Use the entries below and reproduce exactly the lines from the one containing "self.words[k] |= other.words[k];" down to the one containing "with these parameters.", both of them included.

(Saved entries)

+ + +

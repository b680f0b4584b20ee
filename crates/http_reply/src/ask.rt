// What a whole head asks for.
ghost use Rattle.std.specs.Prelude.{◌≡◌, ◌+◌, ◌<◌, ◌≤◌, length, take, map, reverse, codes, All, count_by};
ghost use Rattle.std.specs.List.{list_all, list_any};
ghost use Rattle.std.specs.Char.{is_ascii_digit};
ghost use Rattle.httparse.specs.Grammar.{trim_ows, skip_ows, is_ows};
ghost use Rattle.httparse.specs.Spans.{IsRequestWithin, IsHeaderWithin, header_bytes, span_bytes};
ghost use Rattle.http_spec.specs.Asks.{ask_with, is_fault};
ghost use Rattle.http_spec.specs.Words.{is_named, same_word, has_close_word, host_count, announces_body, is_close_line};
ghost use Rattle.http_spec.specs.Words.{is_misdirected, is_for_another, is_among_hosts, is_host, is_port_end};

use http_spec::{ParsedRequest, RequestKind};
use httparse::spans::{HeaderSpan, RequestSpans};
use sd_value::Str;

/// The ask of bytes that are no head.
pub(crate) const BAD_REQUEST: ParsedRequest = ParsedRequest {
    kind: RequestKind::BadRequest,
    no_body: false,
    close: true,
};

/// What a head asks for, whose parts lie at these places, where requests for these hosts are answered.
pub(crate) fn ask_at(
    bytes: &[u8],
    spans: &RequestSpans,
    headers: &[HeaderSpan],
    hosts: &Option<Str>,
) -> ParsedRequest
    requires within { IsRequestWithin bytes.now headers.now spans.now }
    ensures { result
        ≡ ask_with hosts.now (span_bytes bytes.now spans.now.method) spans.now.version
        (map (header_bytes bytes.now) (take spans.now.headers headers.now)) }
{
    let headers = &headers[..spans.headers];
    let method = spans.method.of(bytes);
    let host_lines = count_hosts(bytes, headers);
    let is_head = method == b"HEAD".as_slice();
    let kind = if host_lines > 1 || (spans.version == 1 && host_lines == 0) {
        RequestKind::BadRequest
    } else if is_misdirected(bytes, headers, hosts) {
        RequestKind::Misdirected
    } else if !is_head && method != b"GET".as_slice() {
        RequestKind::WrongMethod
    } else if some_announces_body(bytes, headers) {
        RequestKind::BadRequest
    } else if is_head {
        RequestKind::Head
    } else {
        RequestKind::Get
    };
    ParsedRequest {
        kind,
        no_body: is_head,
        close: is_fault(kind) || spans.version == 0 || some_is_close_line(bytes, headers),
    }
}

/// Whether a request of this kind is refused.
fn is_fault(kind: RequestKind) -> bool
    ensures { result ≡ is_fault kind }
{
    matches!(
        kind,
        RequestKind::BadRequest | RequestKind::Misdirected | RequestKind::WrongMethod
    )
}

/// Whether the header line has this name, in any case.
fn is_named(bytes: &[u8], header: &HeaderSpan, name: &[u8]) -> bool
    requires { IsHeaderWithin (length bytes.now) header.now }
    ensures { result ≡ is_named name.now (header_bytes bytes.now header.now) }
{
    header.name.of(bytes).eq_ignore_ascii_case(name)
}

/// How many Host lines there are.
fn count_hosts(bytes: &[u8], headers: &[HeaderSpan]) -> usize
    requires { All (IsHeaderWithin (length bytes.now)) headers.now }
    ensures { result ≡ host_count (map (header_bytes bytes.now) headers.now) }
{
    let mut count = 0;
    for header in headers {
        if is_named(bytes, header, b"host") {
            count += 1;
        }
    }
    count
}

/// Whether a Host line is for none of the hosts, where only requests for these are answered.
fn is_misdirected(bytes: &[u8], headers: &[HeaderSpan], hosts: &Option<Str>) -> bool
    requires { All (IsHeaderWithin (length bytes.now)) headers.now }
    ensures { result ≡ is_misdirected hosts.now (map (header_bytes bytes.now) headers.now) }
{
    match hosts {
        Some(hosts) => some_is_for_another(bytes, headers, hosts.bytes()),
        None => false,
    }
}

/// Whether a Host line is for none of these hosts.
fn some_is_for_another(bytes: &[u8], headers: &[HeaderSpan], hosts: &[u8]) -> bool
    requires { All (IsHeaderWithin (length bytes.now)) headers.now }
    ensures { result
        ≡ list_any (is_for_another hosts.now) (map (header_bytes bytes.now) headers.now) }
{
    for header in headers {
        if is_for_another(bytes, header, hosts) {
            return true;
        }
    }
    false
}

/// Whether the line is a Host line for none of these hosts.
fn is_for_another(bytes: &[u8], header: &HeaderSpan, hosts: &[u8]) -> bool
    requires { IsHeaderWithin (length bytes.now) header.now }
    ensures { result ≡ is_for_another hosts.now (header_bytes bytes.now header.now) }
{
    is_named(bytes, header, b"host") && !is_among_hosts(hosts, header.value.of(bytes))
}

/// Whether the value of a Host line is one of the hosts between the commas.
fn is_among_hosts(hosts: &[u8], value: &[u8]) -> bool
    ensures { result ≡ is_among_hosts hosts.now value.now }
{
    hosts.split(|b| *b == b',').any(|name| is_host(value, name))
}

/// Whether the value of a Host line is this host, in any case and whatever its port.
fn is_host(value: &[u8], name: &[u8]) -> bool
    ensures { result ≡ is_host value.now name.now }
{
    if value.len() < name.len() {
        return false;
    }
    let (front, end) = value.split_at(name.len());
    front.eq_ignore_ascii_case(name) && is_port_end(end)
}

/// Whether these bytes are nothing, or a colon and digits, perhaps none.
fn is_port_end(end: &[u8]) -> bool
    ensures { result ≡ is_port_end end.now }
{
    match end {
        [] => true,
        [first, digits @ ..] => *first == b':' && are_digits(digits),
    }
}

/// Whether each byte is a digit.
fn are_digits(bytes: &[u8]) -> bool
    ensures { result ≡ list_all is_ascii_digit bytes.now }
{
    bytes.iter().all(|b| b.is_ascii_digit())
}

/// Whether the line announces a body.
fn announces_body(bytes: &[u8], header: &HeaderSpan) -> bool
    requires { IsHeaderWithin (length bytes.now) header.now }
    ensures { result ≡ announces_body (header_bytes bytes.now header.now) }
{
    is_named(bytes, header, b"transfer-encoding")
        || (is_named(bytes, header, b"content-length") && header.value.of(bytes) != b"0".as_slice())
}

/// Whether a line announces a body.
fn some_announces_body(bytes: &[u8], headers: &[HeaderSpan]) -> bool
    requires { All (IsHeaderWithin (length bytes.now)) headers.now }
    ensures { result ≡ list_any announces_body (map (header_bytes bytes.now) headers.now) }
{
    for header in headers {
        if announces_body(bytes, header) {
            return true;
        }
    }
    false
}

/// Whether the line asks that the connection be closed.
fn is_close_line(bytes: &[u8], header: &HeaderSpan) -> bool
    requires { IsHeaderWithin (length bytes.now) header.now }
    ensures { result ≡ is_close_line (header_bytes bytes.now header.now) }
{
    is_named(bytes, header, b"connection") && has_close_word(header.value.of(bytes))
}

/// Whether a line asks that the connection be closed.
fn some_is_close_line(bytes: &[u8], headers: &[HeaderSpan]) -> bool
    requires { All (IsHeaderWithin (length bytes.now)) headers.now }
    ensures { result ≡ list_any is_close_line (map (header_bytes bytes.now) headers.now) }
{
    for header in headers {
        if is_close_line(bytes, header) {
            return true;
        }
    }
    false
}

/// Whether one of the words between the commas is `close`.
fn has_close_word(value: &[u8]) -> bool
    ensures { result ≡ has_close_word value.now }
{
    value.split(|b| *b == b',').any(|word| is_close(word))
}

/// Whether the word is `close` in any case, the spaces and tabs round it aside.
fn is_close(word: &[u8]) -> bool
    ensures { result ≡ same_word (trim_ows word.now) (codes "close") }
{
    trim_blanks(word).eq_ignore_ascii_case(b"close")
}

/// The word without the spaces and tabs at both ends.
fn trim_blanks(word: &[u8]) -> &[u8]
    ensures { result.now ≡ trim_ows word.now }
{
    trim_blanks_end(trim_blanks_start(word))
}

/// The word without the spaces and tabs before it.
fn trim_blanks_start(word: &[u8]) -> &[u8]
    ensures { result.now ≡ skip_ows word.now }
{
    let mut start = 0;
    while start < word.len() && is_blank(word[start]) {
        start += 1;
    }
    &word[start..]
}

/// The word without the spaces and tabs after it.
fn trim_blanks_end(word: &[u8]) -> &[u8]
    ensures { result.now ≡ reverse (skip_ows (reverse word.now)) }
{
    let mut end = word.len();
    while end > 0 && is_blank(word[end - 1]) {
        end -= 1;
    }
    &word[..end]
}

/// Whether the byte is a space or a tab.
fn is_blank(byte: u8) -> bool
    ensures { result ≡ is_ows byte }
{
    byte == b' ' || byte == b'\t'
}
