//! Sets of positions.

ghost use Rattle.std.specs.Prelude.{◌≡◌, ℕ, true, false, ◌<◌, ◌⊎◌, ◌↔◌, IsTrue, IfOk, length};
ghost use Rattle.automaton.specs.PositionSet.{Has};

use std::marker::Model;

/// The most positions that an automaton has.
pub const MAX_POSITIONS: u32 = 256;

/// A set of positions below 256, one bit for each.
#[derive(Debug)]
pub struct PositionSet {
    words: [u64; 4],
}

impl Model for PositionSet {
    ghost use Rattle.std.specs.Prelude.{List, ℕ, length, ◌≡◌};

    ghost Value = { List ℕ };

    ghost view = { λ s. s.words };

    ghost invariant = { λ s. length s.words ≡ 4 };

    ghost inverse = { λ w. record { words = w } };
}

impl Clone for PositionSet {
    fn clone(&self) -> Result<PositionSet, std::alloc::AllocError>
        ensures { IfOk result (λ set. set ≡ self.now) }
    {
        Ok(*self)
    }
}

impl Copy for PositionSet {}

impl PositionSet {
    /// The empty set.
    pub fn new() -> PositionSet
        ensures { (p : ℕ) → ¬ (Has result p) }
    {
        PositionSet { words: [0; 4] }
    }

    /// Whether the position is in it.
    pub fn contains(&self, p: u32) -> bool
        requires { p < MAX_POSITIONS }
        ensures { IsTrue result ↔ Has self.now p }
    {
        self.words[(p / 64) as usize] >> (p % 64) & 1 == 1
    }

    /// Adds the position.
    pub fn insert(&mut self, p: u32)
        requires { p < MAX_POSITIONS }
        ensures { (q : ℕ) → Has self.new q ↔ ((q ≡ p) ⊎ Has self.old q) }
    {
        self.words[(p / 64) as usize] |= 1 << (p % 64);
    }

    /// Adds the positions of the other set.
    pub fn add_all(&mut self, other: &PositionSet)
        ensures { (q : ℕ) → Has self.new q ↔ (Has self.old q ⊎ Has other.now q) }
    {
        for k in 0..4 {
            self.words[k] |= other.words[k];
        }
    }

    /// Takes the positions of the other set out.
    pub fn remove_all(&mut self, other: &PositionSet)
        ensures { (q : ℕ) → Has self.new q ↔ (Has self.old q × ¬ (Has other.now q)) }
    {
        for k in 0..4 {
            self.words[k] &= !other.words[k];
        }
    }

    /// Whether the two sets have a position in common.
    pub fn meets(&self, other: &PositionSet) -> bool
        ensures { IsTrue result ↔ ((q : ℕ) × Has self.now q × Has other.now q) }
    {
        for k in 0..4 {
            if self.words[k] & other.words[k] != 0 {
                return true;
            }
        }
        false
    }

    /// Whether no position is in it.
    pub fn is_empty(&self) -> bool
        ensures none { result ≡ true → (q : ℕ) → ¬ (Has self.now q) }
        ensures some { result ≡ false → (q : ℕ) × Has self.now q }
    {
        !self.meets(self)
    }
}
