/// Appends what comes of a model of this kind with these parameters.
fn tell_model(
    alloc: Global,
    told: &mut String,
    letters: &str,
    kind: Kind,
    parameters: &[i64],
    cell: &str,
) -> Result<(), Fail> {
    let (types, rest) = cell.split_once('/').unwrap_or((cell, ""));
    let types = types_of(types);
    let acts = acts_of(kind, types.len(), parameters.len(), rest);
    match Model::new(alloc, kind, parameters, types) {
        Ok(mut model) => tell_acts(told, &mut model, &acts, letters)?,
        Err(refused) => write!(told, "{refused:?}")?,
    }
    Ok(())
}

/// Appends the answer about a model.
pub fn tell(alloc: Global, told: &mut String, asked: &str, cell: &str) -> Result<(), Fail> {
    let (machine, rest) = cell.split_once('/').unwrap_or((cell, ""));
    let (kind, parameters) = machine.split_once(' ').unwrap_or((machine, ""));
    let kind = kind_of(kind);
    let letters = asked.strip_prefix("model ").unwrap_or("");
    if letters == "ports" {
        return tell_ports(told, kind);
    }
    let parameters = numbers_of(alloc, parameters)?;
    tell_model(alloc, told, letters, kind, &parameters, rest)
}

+ + +

### Answer area
            self.words[k] |= other.words[k];
        }
    }

    /// Takes the positions of the other set out.
    pub fn remove_all(&mut self, other: &PositionSet)
        ensures { (q : ℕ) → Has self.new q ↔ (Has self.old q × ¬ (Has other.now q)) }
    {
        for k in 0..4 {
            self.words[k] &= !other.words[k];
        }
    }

    /// Whether the two sets have a position in common.
    pub fn meets(&self, other: &PositionSet) -> bool
        ensures { IsTrue result ↔ ((q : ℕ) × Has self.now q × Has other.now q) }
    {
        for k in 0..4 {
            if self.words[k] & other.words[k] != 0 {
                return true;
            }
        }
        false
    }

    /// Whether no position is in it.
    pub fn is_empty(&self) -> bool
        ensures none { result ≡ true → (q : ℕ) → ¬ (Has self.now q) }
        ensures some { result ≡ false → (q : ℕ) × Has self.now q }
    {
        !self.meets(self)
    }
}
/// Appends what comes of a model of this kind with these parameters.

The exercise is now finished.